As I got older and life became complicated, the lake became my refuge. A place to think and hide. I always sensed a powerfully healing presence in the natural beauty of it all. Sometimes it came into my eyes in the form of a bald eagle diving and swooping through a bright hot summer sky or a wayward gang of snow geese kerplunking into the lake like bags of flour dropped from a helicopter. Other times that presence came into my nose. As if that presence—God maybe—had a particular smell. Sort of a combination of Coppertone suntan oil, cypress tree needles, gunpowder, and two-stroke outboard engine oil.

River water.

We also had quick and easy access to some of the most pristine, stream-fed rivers in America—the Suwannee, Santa Fe, and Ichetucknee Rivers (it takes three tongues to pronounce the last one, so don’t bother).

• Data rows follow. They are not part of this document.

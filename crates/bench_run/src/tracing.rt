//! The text of the trace of a bench.

ghost use Rattle.std.specs.Prelude.{◌≡◌, ◌++◌, length, min, IfOk};
ghost use Rattle.tydi_base.specs.Lengths.{most_bytes};
ghost use Rattle.cycle_trace.specs.Trace.{params_of_heads};
ghost use Rattle.vhdl_text.specs.WellFormed.{IsWellFormed};
ghost use Rattle.vhdl_meaning.specs.RunLaws.{FitsBench};
ghost use Rattle.trace_pieces.specs.Rows.{AreShownFrom, rows_from};
ghost use Rattle.bench_run.specs.Traces.{rows_of, trace_text_of};
ghost use Rattle.bench_run.specs.TextLeft.{text_left};
ghost use Rattle.bench_run.specs.Turns.{rows_left};

use crate::bench_rows::BenchRows;
use cycle_trace::write_header;
use handshake::CycleFeed;
use physical_stream::{Head, Header, Params};
use std::alloc::Global;
use trace_pieces::{TracePieces, count_rows};
use tydi_base::{List, Memory};
use vhdl_meaning::SimRun;
use vhdl_text::Bench;

/// The text of the trace of a bench, none of which was given yet.
#[derive(Drop)]
pub struct BenchTrace {
    /// The text, which is made as it is asked for.
    pub pieces: TracePieces<BenchRows>,
    /// Its bytes, or the greatest number of 64 bits where there are more.
    pub length: u64,
}

/// The parameters of streams.
fn params_of(alloc: Global, heads: &[Head]) -> Result<List<Params>, Memory>
    ensures { IfOk result (λ streams. streams ≡ params_of_heads heads.now) }
{
    let mut streams = List::with_capacity(alloc, heads.len())?;
    'heads: for head in heads {
        streams.push(head.params)?;
    }
    Ok(streams)
}

/// The text of the trace of a bench under a run. Want of memory is the one error: of room for the header, for the values of the signals and for
/// the places of the processes. No edge takes memory, so no other can come later.
pub fn bench_trace(alloc: Global, bench: Bench, run: SimRun) -> Result<BenchTrace, Memory>
    requires bench { IsWellFormed bench }
    requires run { FitsBench bench run }
    ensures text { IfOk result (λ trace. text_left trace.pieces ≡ trace_text_of bench run) }
    ensures length { IfOk result (λ trace. trace.length ≡ min (length (text_left trace.pieces)) most_bytes) }
{
    let Bench { heads, procs } = bench;
    let header = Header {
        cycles: run.cycles,
        heads,
    };
    let streams = params_of(alloc, header.heads.as_slice())?;
    let mut text = List::new(alloc);
    write_header(alloc, &mut text, &header)?;
    let Header { heads, .. } = header;
    let rows = BenchRows::new(alloc, Bench { heads, procs }, run)?;
    Ok(measured(text, streams, rows))
}

/// The text of this header and of the rows of these streams, with its bytes.
fn measured(header: List<u8>, streams: List<Params>, rows: BenchRows) -> BenchTrace
    requires shown { AreShownFrom streams 0 (rows_left rows) }
    requires start { rows_left rows ≡ rows_of rows.sim.bench rows.run }
    ensures text { text_left result.pieces ≡ header ++ rows_from streams 0 (rows_left rows) }
    ensures length { result.length ≡ min (length (text_left result.pieces)) most_bytes }
{
    let mut rows = rows;
    let bytes = count_rows(streams.as_slice(), &mut rows);
    rows.rewind();
    let length = (header.len() as u64).saturating_add(bytes);
    BenchTrace {
        pieces: TracePieces::new(header, streams, rows),
        length,
    }
}
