ghost use Rattle.std.specs.Prelude.{◌≡◌, List};
ghost use Rattle.bench_run.specs.Traces.{rows_of};
ghost use Rattle.bench_run.specs.Turns.{none_left, rows_left};

use crate::bench_rows::BenchRows;
use handshake::CycleFeed;
use physical_stream::Row;

impl CycleFeed for BenchRows {
    ghost rows = { λ rows. rows_left rows };

    ghost whole = { λ rows. rows_of rows.sim.bench rows.run };

    ghost undone = { λ rows. none_left rows.sim.bench.heads };

    fn next(&mut self) -> Option<Row<'_>> {
        match self.turn() {
            None => None,
            Some(turn) => Some(self.sim.row(turn.stream, turn.ready)),
        }
    }

    fn rewind(&mut self) {
        self.sim.restart();
        self.number = 0;
        self.stream = 0;
    }

    fn left(&self, _stream: usize) -> usize {
        // a bench counts no transfers
        0
    }
}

We rode the gentle currents in canoes, kayaks, or with our butts planted in tire inner tubes acquired from local gas stations. Snorkeled and scuba-dived in icy-cool springs as clear as glass. Wildlife was abundant. As such, we did have a few “encounters.” The first time I ever tubed the Santa Fe I came nose to nose with a fat cottonmouth moccasin curled up on her nest in a hollowed-out log. Miraculously I escaped with a venom-free bloodstream. That same summer, I stepped on the head of a pygmy rattlesnake—barefooted. Which sort of felt like stepping on a wet garden hose. But no damage done there either.

Sometimes we took extended journeys down the rivers. The most memorable: a 9-day raft trip from the headwaters of the Suwannee to the Gulf of Mexico. A crew of four giddy but river-wise teenagers, the original “live streamers.” In addition to surviving each other, we also survived hellacious thunderstorms, even a tornado that danced across the river in front of us at one point. But we had crucial provisions: two six-gallon gas tanks for the outboard engine, an AM radio that seemed to be stuck on Neil Young’s Heart of Gold, and four bottles of vodka. Food and personal hygiene seemed to be secondary. We finally managed to reach saltwater 220 miles later, stinking like dead mudfish, despising the sight of each other and longing for our cool beds and a hot meal.

The mirrorlike rivers were an ideal stage for our sometimes brainless water skiing shenanigans, whether hot-dogging on knife-edged slalom skis, trick skis, or our own bare feet. Our audience? Usually, an assortment of scraggly, unkempt birds perched high in the cypress tree grandstands draped with Spanish moss. I don’t recall them ever being too impressed but rather more perturbed than anything. (Imagine a turkey buzzard eye roll, followed by: “Oh great, here come those idiots again.”)

Ocean water.

If we drove east or west from Lake City, the car tires would eventually touch saltwater about an hour later in either direction.

The rambunctious Atlantic Ocean: nests of aircraft carriers at Mayport Naval Station that smelled like boiled potatoes and nautical paint, giant stingrays exploding out of the water like UFOs, Lynyrd Skynyrd’s Gimme Three Steps blaring out of dive bar speakers on the Jacksonville Beach boardwalk, riding the angry waves for hours on dime-store styrofoam floats, the summer sun roasting Daddy’s snow-white chicken legs until they were done enough to be served with coleslaw and baked beans.

The more rustic and peaceful Gulf of Mexico: trout fishing on the grass flats, eating smoked mullet out of greasy paper sacks, stuffing ourselves with boiled peanuts, swimming with porpoises in the Cedar Key channel, stumbling barefoot across oyster beds, and then wondering why we were trailing bloody tracks on the hot sand—all under an endless blue sea and sky that seemed one and the same. I’d be lying if I said much of this didn’t happen under the influence of cheap Cutty Sark scotch absconded from one dad’s off-limits liquor cabinet. But we always topped off the bottles with water so no one could ever tell (we were so smart that way).

But then we do grow up, right?

A few decades downstream from these moments, it seems harder to stay hydrated in the heat of life. Lots of changes and unexpected turns—the ones that come with the somewhat drier, more cynical seasons of aging. But, lucky me (and I hope you, too). The reservoir of fond memories is still there to balance out the attitudinal seesaw. All I have to do is remember to read and heed the most important step in the label directions: just add, well, you know.